For large scale genome wide investigation of the mechanism of regulation of aflatoxin biosynthesis, the A. flavus whole genome sequencing project has been conducted at John Craig Venter Institute, Inc (JCVI) in collaboration with North Carolina State University. The sequencing of the whole genome has been completed. Primary assembly and analysis indicated that the A. flavus genome size is about 36.8 Mega Base pairs. Comparative genome analysis between the A. flavus and and A. oryzae, a non-toxigenic food grade industrial organism, have been completed. The results demonstrated that the genome size, genome structure, gene categories, and gene homology are quite similar between the two species. Each species contains a unique set of about 300 genes, which contribute to aflatoxin production in A. flavus.
Based on the whole genome sequence data, a whole genome A. flavus oligo microarray has been designed and fabricated at JCVI. Genome wide gene profiling experiments have been conducted under specific conditions that favor aflatoxin production in the fungus. Genes and gene clusters that are putatively involved in aflatoxin formation have been identied. Several research papers have been published and a few manuscripts are under preparation.

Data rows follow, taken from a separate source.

//! E_DELAY and E_CYCLE: IEC 61499-1 edition 2, annex A, this project's profile.

ghost use Rattle.std.specs.Prelude.{◌≡◌, ◌<◌, ℤ, List, None, Some, IfSome, if◌then◌else◌};
ghost use Rattle.fb_model.specs.Names.{Name};
ghost use Rattle.fb_model.specs.Values.{Values};
ghost use Rattle.fb_model.specs.System.{Delay, Cycle};
ghost use Rattle.fb_model.specs.Services.{dt};
ghost use Rattle.fb_model.specs.Serving.{wait, due_after, is_quiet, is_fired};
ghost use Rattle.st_exec.specs.Cells.{values_of};
ghost use Rattle.st_exec.specs.Kept.{plain_slot_of};
ghost use Rattle.fb_chart.specs.Responses.{condition_of, Replies};

use crate::Store;
use crate::standing::{Response, Standing, silent};

// How long a timer waits: a negative time is none.
fn waiting(own: &Store, time: usize) -> u64
    ensures { (x : Name) → plain_slot_of own.now x ≡ time → result ≡ wait (values_of own.now x) }
{
    let number = own.number(time);
    if number < 0 { 0 } else { number as u64 }
}

// A timer that is due after this time; no moment is later than the last.
fn armed(clock: u64, time: u64) -> Standing
    ensures { condition_of result ≡ due_after clock time }
{
    Standing::Armed(clock.saturating_add(time))
}

// START arms a timer that does not run.
fn started(clock: u64, time: u64, standing: Standing) -> Standing
    ensures { condition_of result ≡ (if is_quiet (condition_of standing) then due_after clock time else condition_of standing) }
{
    match standing {
        Standing::Quiet => armed(clock, time),
        _ => standing,
    }
}

// EXPIRE of a timer that has fired emits EO.
fn expired(standing: Standing, next: Standing) -> Response
    ensures { result ≡ (if is_fired (condition_of standing) then record { standing = next; output = Some 0; effect = None } else record { standing = standing; output = None; effect = None }) }
{
    match standing {
        Standing::Fired => Response {
            standing: next,
            output: Some(0),
            effect: None,
        },
        _ => silent(standing),
    }
}

/// E_DELAY: START, STOP and EXPIRE.
pub(crate) fn delay(
    time: usize,
    event: u16,
    clock: u64,
    standing: Standing,
    own: &Store,
) -> Response
    requires { time ≡ plain_slot_of own.now dt }
    ensures output { IfSome result.output (λ k. k < 1) }
    ensures reply { (values : List ℤ) (issued : Values) → Replies Delay clock event values (values_of own.now) (values_of own.now) issued standing result }
{
    match event {
        0 => silent(started(clock, waiting(own, time), standing)),
        1 => silent(Standing::Quiet),
        2 => expired(standing, Standing::Quiet),
        _ => silent(standing),
    }
}

/// E_CYCLE: START, STOP and EXPIRE, which arms it anew. It waits for 1 at least.
pub(crate) fn cycle(
    time: usize,
    event: u16,
    clock: u64,
    standing: Standing,
    own: &Store,
) -> Response
    requires { time ≡ plain_slot_of own.now dt }
    ensures output { IfSome result.output (λ k. k < 1) }
    ensures reply { (values : List ℤ) (issued : Values) → Replies Cycle clock event values (values_of own.now) (values_of own.now) issued standing result }
{
    let period = waiting(own, time).max(1);
    match event {
        0 => silent(started(clock, period, standing)),
        1 => silent(Standing::Quiet),
        2 => expired(standing, armed(clock, period)),
        _ => silent(standing),
    }
}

The A. flavus Expressed Sequence Tag (small DNA fragments representing a functional gene) (EST) data, and the whole genome sequence data have been submitted to National Center for Biotechnology Information (NCBI) GenBank database. The microarray data are also submitted to the NCBI GEO database. A database web server containing A. flavus EST and whole genome databases has been established at the Mid South Area (MSA) Genomics Center for free access by United States Department of Agriculture/Agricultural Research Service (USDA/ARS) scientists. Progress by cooperators was monitored through routine teleconferencing, meetings, and scientific presentations of recent findings to the project.